EXERCISE DIRECTIONS
Each line below must be printed exactly as it stands.

Dataset entries
//! The way to a learnt clause: which marks to resolve away, without a walk over the whole trail.
ghost use Rattle.std.specs.Prelude.{◌≡◌, ℕ, ◌+◌, ◌*◌, ◌<◌, length, IfSome, OnSome, true};
ghost use Rattle.std.specs.BinaryHeap.{heap_len};
ghost use Rattle.clause_pool.specs.Clause.{has};
ghost use Rattle.propagate.specs.Trail.{AreLiterals};
ghost use Rattle.solver.specs.Marks.{IsResolvable};

use crate::conflict::Resolvable;
use crate::marks::is_marked;
use crate::order::Order;
use clause_pool::{Lit, Pool};
use propagate::Engine;
use std::alloc::Global;
use std::collections::BinaryHeap;

/// The places of the trail where the literals of the clauses stand that a chain was made of. No contract speaks of them.
#[derive(Drop)]
pub(crate) struct Way {
    // Where the literals of a resolvent are written.
    pub(crate) literals: Vec<Lit>,
    // The places that reasons at level 0 lead to.
    pub(crate) ahead: BinaryHeap<usize, Global>,
    // The places of the clause at level 0, in any order.
    pub(crate) fixed: Vec<usize>,
    // And those between level 0 and the current one.
    pub(crate) between: Vec<usize>,
}

/// Where level 0 ends, and where the current level starts.
#[derive(Clone, Copy)]
pub(crate) struct Span {
    pub(crate) fixed: usize,
    pub(crate) start: usize,
}

impl Way {
    /// No places. It takes no memory.
    pub(crate) fn new(alloc: Global) -> Way {
        Way {
            literals: Vec::new(alloc),
            ahead: BinaryHeap::new(alloc),
            fixed: Vec::new(alloc),
            between: Vec::new(alloc),
        }
    }

    /// Begins a learnt clause with the literals of one that is false.
    pub(crate) fn begin_lesson(
        &mut self,
        engine: &Engine,
        order: &mut Order,
        lits: &[Lit],
        span: Span,
    )
        requires { AreLiterals lits.now (2 * engine.now.vars) }
    {
        self.ahead.clear();
        self.fixed.clear();
        self.between.clear();
        self.look_back(engine, order, &[], lits, span);
    }

    /// Puts the places of literals that are not marked yet ahead, as far as they come before this one. What there is no
    /// room for isn't found by the way.
    #[tactic(auto, using(propagate::proofs::TakeLaws::item_in))]
    pub(crate) fn look_ahead(&mut self, engine: &Engine, marks: &[bool], lits: &[Lit], end: usize)
        requires { AreLiterals lits.now (2 * engine.now.vars) }
    {
        for lit in lits {
            if lit.is_marked(marks) {
                continue;
            }
            if let Some(place) = engine.place_of(lit.var())
                && place < end
                && self.ahead.push(place).is_err()
            {
                return;
            }
        }
    }

    /// Counts the literals of a clause as ones in a conflict, and puts the places of those down that are not marked yet, as
    /// far as they come before the current level and have a reason. What there is no room for stays in the learnt clause.
    #[tactic(auto, using(propagate::proofs::TakeLaws::item_in))]
    pub(crate) fn look_back(
        &mut self,
        engine: &Engine,
        order: &mut Order,
        marks: &[bool],
        lits: &[Lit],
        span: Span,
    )
        requires { AreLiterals lits.now (2 * engine.now.vars) }
    {
        for lit in lits {
            order.bump(*lit);
            if lit.is_marked(marks) {
                continue;
            }
            let Some(place) = engine.place_of(lit.var()) else {
                continue;
            };
            if place >= span.start || engine.reason_at(place).is_none() {
                continue;
            }
            self.put_down(place, span.fixed);
        }
    }

    // Puts a place down.
    fn put_down(&mut self, place: usize, fixed: usize) {
        if place < fixed {
            let _ = self.fixed.push(place);
        } else {
            let _ = self.between.push(place);
        }
    }
}

// Whether each literal of a clause but this one is marked.
#[tactic(auto, using(propagate::proofs::TakeLaws::item_in))]
fn others_marked(marks: &[bool], lits: &[Lit], left_out: Lit) -> bool
    requires { (l : ℕ) → has lits.now l ≡ true → l < length marks.now }
{
    for lit in lits {
        if *lit != left_out && !marks[lit.code() as usize] {
            return false;
        }
    }
    true
}

// A place, if it is before `end`, is marked and has a reason.
#[tactic(auto, using(crate::proofs::MarkLaws::false_below))]
fn resolvable_at(engine: &Engine, marks: &[bool], place: usize, end: usize) -> Option<Resolvable>
    requires table { length marks.now ≡ 2 * engine.now.vars }
    ensures resolvable { IfSome result (IsResolvable engine.now marks.now) }
    ensures before { IfSome result (λ at. at.place < end) }
{
    let lits = engine.trail();
    if place >= end || place >= lits.len() || !is_marked(marks, lits, place) {
        return None;
    }
    let reason = engine.reason_at(place)?;
    Some(Resolvable { place, reason })
}

// Whether all others of the reason of a false literal are marked.
fn is_needless(engine: &Engine, pool: &Pool, marks: &[bool], at: Resolvable) -> bool
    requires attached { pool.now.clauses ≡ engine.now.clauses }
    requires resolvable { IsResolvable engine.now marks.now at }
    requires table { length marks.now ≡ 2 * engine.now.vars }
{
    let lit = engine.trail()[at.place];
    others_marked(marks, pool.lits(at.reason), lit)
}

// The last of these places that is before `end`, is marked and has a reason, of which all others are marked.
fn next_between(
    engine: &Engine,
    pool: &Pool,
    marks: &[bool],
    between: &mut Vec<usize>,
    end: usize,
) -> Option<Resolvable>
    requires attached { pool.now.clauses ≡ engine.now.clauses }
    requires table { length marks.now ≡ 2 * engine.now.vars }
    ensures resolvable { IfSome result (IsResolvable engine.now marks.now) }
    ensures before { IfSome result (λ at. at.place < end) }
{
    while let Some(place) = between.pop() {
        let Some(at) = resolvable_at(engine, marks, place, end) else {
            continue;
        };
        if is_needless(engine, pool, marks, at) {
            return Some(at);
        }
    }
    None
}

// The later one of the last place here and the latest ahead.
fn later(fixed: &mut Vec<usize>, ahead: &mut BinaryHeap<usize, Global>) -> Option<usize>
    ensures { OnSome result (length fixed.new.items + heap_len ahead.new
        < length fixed.old.items + heap_len ahead.old) }
{
    match (fixed.last(), ahead.peek()) {
        (Some(place), Some(other)) if *place < *other => ahead.pop(),
        (Some(_), _) => fixed.pop(),
        (None, _) => ahead.pop(),
    }
}

// The latest place of level 0 that is before `end`, is marked and has a reason.
fn next_fixed(engine: &Engine, marks: &[bool], way: &mut Way, end: usize) -> Option<Resolvable>
    requires table { length marks.now ≡ 2 * engine.now.vars }
    ensures resolvable { IfSome result (IsResolvable engine.now marks.now) }
    ensures before { IfSome result (λ at. at.place < end) }
{
    while let Some(place) = later(&mut way.fixed, &mut way.ahead) {
        let found = resolvable_at(engine, marks, place, end);
        if found.is_some() {
            return found;
        }
    }
    None
}

/// The latest place that is needless and before `end`: one from level 0 on where all others of the reason are marked, and
/// behind those any of level 0.
pub(crate) fn next_needless(
    engine: &Engine,
    pool: &Pool,
    marks: &[bool],
    way: &mut Way,
    end: usize,
) -> Option<Resolvable>
    requires attached { pool.now.clauses ≡ engine.now.clauses }
    requires table { length marks.now ≡ 2 * engine.now.vars }
    ensures resolvable { IfSome result (IsResolvable engine.now marks.now) }
    ensures before { IfSome result (λ at. at.place < end) }
{
    let between = next_between(engine, pool, marks, &mut way.between, end);
    if between.is_some() {
        return between;
    }
    next_fixed(engine, marks, way, end)
}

WRITTEN RESPONSE
//! The way to a learnt clause: which marks to resolve away, without a walk over the whole trail.
ghost use Rattle.std.specs.Prelude.{◌≡◌, ℕ, ◌+◌, ◌*◌, ◌<◌, length, IfSome, OnSome, true};
ghost use Rattle.std.specs.BinaryHeap.{heap_len};
ghost use Rattle.clause_pool.specs.Clause.{has};
ghost use Rattle.propagate.specs.Trail.{AreLiterals};
ghost use Rattle.solver.specs.Marks.{IsResolvable};

use crate::conflict::Resolvable;
use crate::marks::is_marked;
use crate::order::Order;
use clause_pool::{Lit, Pool};
use propagate::Engine;
use std::alloc::Global;
use std::collections::BinaryHeap;

/// The places of the trail where the literals of the clauses stand that a chain was made of. No contract speaks of them.
#[derive(Drop)]
pub(crate) struct Way {
    // Where the literals of a resolvent are written.
    pub(crate) literals: Vec<Lit>,
    // The places that reasons at level 0 lead to.
    pub(crate) ahead: BinaryHeap<usize, Global>,
    // The places of the clause at level 0, in any order.
    pub(crate) fixed: Vec<usize>,
    // And those between level 0 and the current one.
    pub(crate) between: Vec<usize>,
}

/// Where level 0 ends, and where the current level starts.
#[derive(Clone, Copy)]
pub(crate) struct Span {
    pub(crate) fixed: usize,
    pub(crate) start: usize,
}

impl Way {
    /// No places. It takes no memory.
    pub(crate) fn new(alloc: Global) -> Way {
        Way {
            literals: Vec::new(alloc),
            ahead: BinaryHeap::new(alloc),
            fixed: Vec::new(alloc),
            between: Vec::new(alloc),
        }
    }

    /// Begins a learnt clause with the literals of one that is false.
    pub(crate) fn begin_lesson(
        &mut self,
        engine: &Engine,
        order: &mut Order,
        lits: &[Lit],
        span: Span,
    )
        requires { AreLiterals lits.now (2 * engine.now.vars) }
    {
        self.ahead.clear();
        self.fixed.clear();
        self.between.clear();
        self.look_back(engine, order, &[], lits, span);
    }

    /// Puts the places of literals that are not marked yet ahead, as far as they come before this one. What there is no
    /// room for isn't found by the way.
    #[tactic(auto, using(propagate::proofs::TakeLaws::item_in))]
    pub(crate) fn look_ahead(&mut self, engine: &Engine, marks: &[bool], lits: &[Lit], end: usize)
        requires { AreLiterals lits.now (2 * engine.now.vars) }
    {
        for lit in lits {
            if lit.is_marked(marks) {
                continue;
            }
            if let Some(place) = engine.place_of(lit.var())
                && place < end
                && self.ahead.push(place).is_err()
            {
                return;
            }
        }
    }

    /// Counts the literals of a clause as ones in a conflict, and puts the places of those down that are not marked yet, as
    /// far as they come before the current level and have a reason. What there is no room for stays in the learnt clause.
    #[tactic(auto, using(propagate::proofs::TakeLaws::item_in))]
    pub(crate) fn look_back(
        &mut self,
        engine: &Engine,
        order: &mut Order,
        marks: &[bool],
        lits: &[Lit],
        span: Span,
    )
        requires { AreLiterals lits.now (2 * engine.now.vars) }
    {
        for lit in lits {
            order.bump(*lit);
            if lit.is_marked(marks) {
                continue;
            }
            let Some(place) = engine.place_of(lit.var()) else {
                continue;
            };
            if place >= span.start || engine.reason_at(place).is_none() {
                continue;
            }
            self.put_down(place, span.fixed);
        }
    }

    // Puts a place down.
    fn put_down(&mut self, place: usize, fixed: usize) {
        if place < fixed {
            let _ = self.fixed.push(place);
        } else {
            let _ = self.between.push(place);
        }
    }
}

// Whether each literal of a clause but this one is marked.
#[tactic(auto, using(propagate::proofs::TakeLaws::item_in))]
fn others_marked(marks: &[bool], lits: &[Lit], left_out: Lit) -> bool
    requires { (l : ℕ) → has lits.now l ≡ true → l < length marks.now }
{
    for lit in lits {
        if *lit != left_out && !marks[lit.code() as usize] {
            return false;
        }
    }
    true
}

// A place, if it is before `end`, is marked and has a reason.
#[tactic(auto, using(crate::proofs::MarkLaws::false_below))]
fn resolvable_at(engine: &Engine, marks: &[bool], place: usize, end: usize) -> Option<Resolvable>
    requires table { length marks.now ≡ 2 * engine.now.vars }
    ensures resolvable { IfSome result (IsResolvable engine.now marks.now) }
    ensures before { IfSome result (λ at. at.place < end) }
{
    let lits = engine.trail();
    if place >= end || place >= lits.len() || !is_marked(marks, lits, place) {
        return None;
    }
    let reason = engine.reason_at(place)?;
    Some(Resolvable { place, reason })
}

// Whether all others of the reason of a false literal are marked.
fn is_needless(engine: &Engine, pool: &Pool, marks: &[bool], at: Resolvable) -> bool
    requires attached { pool.now.clauses ≡ engine.now.clauses }
    requires resolvable { IsResolvable engine.now marks.now at }
    requires table { length marks.now ≡ 2 * engine.now.vars }
{
    let lit = engine.trail()[at.place];
    others_marked(marks, pool.lits(at.reason), lit)
}

// The last of these places that is before `end`, is marked and has a reason, of which all others are marked.
fn next_between(
    engine: &Engine,
    pool: &Pool,
    marks: &[bool],
    between: &mut Vec<usize>,
    end: usize,
) -> Option<Resolvable>
    requires attached { pool.now.clauses ≡ engine.now.clauses }
    requires table { length marks.now ≡ 2 * engine.now.vars }
    ensures resolvable { IfSome result (IsResolvable engine.now marks.now) }
    ensures before { IfSome result (λ at. at.place < end) }
{
    while let Some(place) = between.pop() {
        let Some(at) = resolvable_at(engine, marks, place, end) else {
            continue;
        };
        if is_needless(engine, pool, marks, at) {
            return Some(at);
        }
    }
    None
}

// The later one of the last place here and the latest ahead.
fn later(fixed: &mut Vec<usize>, ahead: &mut BinaryHeap<usize, Global>) -> Option<usize>
    ensures { OnSome result (length fixed.new.items + heap_len ahead.new
        < length fixed.old.items + heap_len ahead.old) }
{
    match (fixed.last(), ahead.peek()) {
        (Some(place), Some(other)) if *place < *other => ahead.pop(),
        (Some(_), _) => fixed.pop(),
        (None, _) => ahead.pop(),
    }
}

// The latest place of level 0 that is before `end`, is marked and has a reason.
fn next_fixed(engine: &Engine, marks: &[bool], way: &mut Way, end: usize) -> Option<Resolvable>
    requires table { length marks.now ≡ 2 * engine.now.vars }
    ensures resolvable { IfSome result (IsResolvable engine.now marks.now) }
    ensures before { IfSome result (λ at. at.place < end) }
{
    while let Some(place) = later(&mut way.fixed, &mut way.ahead) {
        let found = resolvable_at(engine, marks, place, end);
        if found.is_some() {
            return found;
        }
    }
    None
}

/// The latest place that is needless and before `end`: one from level 0 on where all others of the reason are marked, and
/// behind those any of level 0.
pub(crate) fn next_needless(
    engine: &Engine,
    pool: &Pool,
    marks: &[bool],
    way: &mut Way,
    end: usize,
) -> Option<Resolvable>
    requires attached { pool.now.clauses ≡ engine.now.clauses }
    requires table { length marks.now ≡ 2 * engine.now.vars }
    ensures resolvable { IfSome result (IsResolvable engine.now marks.now) }
    ensures before { IfSome result (λ at. at.place < end) }
{
    let between = next_between(engine, pool, marks, &mut way.between, end);
    if between.is_some() {
        return between;
    }
    next_fixed(engine, marks, way, end)
}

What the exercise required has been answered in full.